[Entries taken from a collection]
==================================================
impl<
    T: Meant,
    U: Meant,
    V: Meant,
    W: Meant,
    X: Meant,
    Y: Meant,
    Z: Meant,
    S: Meant,
    A: DeserializeAs<T>,
    B: DeserializeAs<U>,
    C: DeserializeAs<V>,
    D: DeserializeAs<W>,
    E: DeserializeAs<X>,
    F: DeserializeAs<Y>,
    G: DeserializeAs<Z>,
    H: DeserializeAs<S>,
> DeserializeAs<(T, U, V, W, X, Y, Z, S)> for (A, B, C, D, E, F, G, H) {
    ghost use Rattle.std.specs.Prelude.{[], ◌∷◌, ◌&&◌};
    ghost use Rattle.sw_core.specs.Parts.{reading};
    ghost use Rattle.sw_core.specs.Tuple.{tuple_reads, tuple_spot, tuple_skips};
    ghost use Rattle.sw_core.specs.Laws.Parts.{read_by};
    ghost use Rattle.sw_core.specs.Laws.Tuple.{tuple_lawful};

    const FREE: bool = A::FREE
        && B::FREE
        && C::FREE
        && D::FREE
        && E::FREE
        && F::FREE
        && G::FREE
        && H::FREE;

    ghost FREE = { A.FREE && (B.FREE && (C.FREE && (D.FREE && (E.FREE && (F.FREE && (G.FREE && H.FREE)))))) };

    ghost reads = { tuple_reads (reading A.reads A.spot A.skips ∷ reading B.reads B.spot B.skips ∷ reading C.reads C.spot C.skips ∷ reading D.reads D.spot D.skips ∷ reading E.reads E.spot E.skips ∷ reading F.reads F.spot F.skips ∷ reading G.reads G.spot G.skips ∷ reading H.reads H.spot H.skips ∷ []) };

    ghost spot = { tuple_spot (reading A.reads A.spot A.skips ∷ reading B.reads B.spot B.skips ∷ reading C.reads C.spot C.skips ∷ reading D.reads D.spot D.skips ∷ reading E.reads E.spot E.skips ∷ reading F.reads F.spot F.skips ∷ reading G.reads G.spot G.skips ∷ reading H.reads H.spot H.skips ∷ []) };

    ghost skips = { tuple_skips (reading A.reads A.spot A.skips ∷ reading B.reads B.spot B.skips ∷ reading C.reads C.spot C.skips ∷ reading D.reads D.spot D.skips ∷ reading E.reads E.spot E.skips ∷ reading F.reads F.spot F.skips ∷ reading G.reads G.spot G.skips ∷ reading H.reads H.spot H.skips ∷ []) };

    fn deserialize_as(
        alloc: Global,
        view: View<'_>,
        mode: Mode,
        log: &mut Skipped,
    ) -> Result<(T, U, V, W, X, Y, Z, S), DeFail> {
        let parts = read_tuple::<
            (T, (U, (V, (W, (X, (Y, (Z, (S, ())))))))),
            (A, (B, (C, (D, (E, (F, (G, (H, ())))))))),
        >(alloc, view, mode, log)?;
        let (first, (second, (third, (fourth, (fifth, (sixth, (seventh, (eighth, ())))))))) = parts;
        Ok((first, second, third, fourth, fifth, sixth, seventh, eighth))
    }

    ghost lawful_reading = { tuple_lawful (read_by A.skips A.lawful_reading ∷ read_by B.skips B.lawful_reading ∷ read_by C.skips C.lawful_reading ∷ read_by D.skips D.lawful_reading ∷ read_by E.skips E.lawful_reading ∷ read_by F.skips F.lawful_reading ∷ read_by G.skips G.lawful_reading ∷ read_by H.skips H.lawful_reading ∷ []) };
}

impl<
    T: Meant,
    U: Meant,
    V: Meant,
    W: Meant,
    X: Meant,
    Y: Meant,
    Z: Meant,
    S: Meant,
    A: Adapter<T>,
    B: Adapter<U>,
    C: Adapter<V>,
    D: Adapter<W>,
    E: Adapter<X>,
    F: Adapter<Y>,
    G: Adapter<Z>,
    H: Adapter<S>,
> Adapter<(T, U, V, W, X, Y, Z, S)> for (A, B, C, D, E, F, G, H) {
    ghost use Rattle.std.specs.Prelude.{[], ◌∷◌};
    ghost use Rattle.sw_check.specs.Form.{tuple, forms};
    ghost use Rattle.sw_core.specs.Tuple.{tuple_norm, tuple_assumes};
    ghost use Rattle.sw_core.specs.Laws.Parts.{kept};
    ghost use Rattle.sw_core.specs.Laws.Tuple.{tuple_keeps};

    ghost expr = { tuple (forms (A.expr ∷ B.expr ∷ C.expr ∷ D.expr ∷ E.expr ∷ F.expr ∷ G.expr ∷ H.expr ∷ [])) };

    ghost norm = { tuple_norm (A.norm ∷ B.norm ∷ C.norm ∷ D.norm ∷ E.norm ∷ F.norm ∷ G.norm ∷ H.norm ∷ []) };

    ghost assumes = { tuple_assumes (A.assumes ∷ B.assumes ∷ C.assumes ∷ D.assumes ∷ E.assumes ∷ F.assumes ∷ G.assumes ∷ H.assumes ∷ []) };

    fn describe(alloc: Global) -> Result<Expr, AllocError> {
        let parts = with_part::<T, A>(alloc, ExprList::new(alloc))?;
        let parts = with_part::<U, B>(alloc, parts)?;
        let parts = with_part::<V, C>(alloc, parts)?;
        let parts = with_part::<W, D>(alloc, parts)?;
        let parts = with_part::<X, E>(alloc, parts)?;
        let parts = with_part::<Y, F>(alloc, parts)?;
        let parts = with_part::<Z, G>(alloc, parts)?;
        let parts = with_part::<S, H>(alloc, parts)?;
        Ok(Expr::tuple(parts))
    }

    ghost keeps = { tuple_keeps (kept A.keeps ∷ kept B.keeps ∷ kept C.keeps ∷ kept D.keeps ∷ kept E.keeps ∷ kept F.keeps ∷ kept G.keeps ∷ kept H.keeps ∷ []) };
}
==================================================
Exercise instructions:
Whenever "first" occurs in a line of the entries, copy that line.

Expected output:
        let (first, (second, (third, (fourth, (fifth, (sixth, (seventh, (eighth, ())))))))) = parts;
        Ok((first, second, third, fourth, fifth, sixth, seventh, eighth))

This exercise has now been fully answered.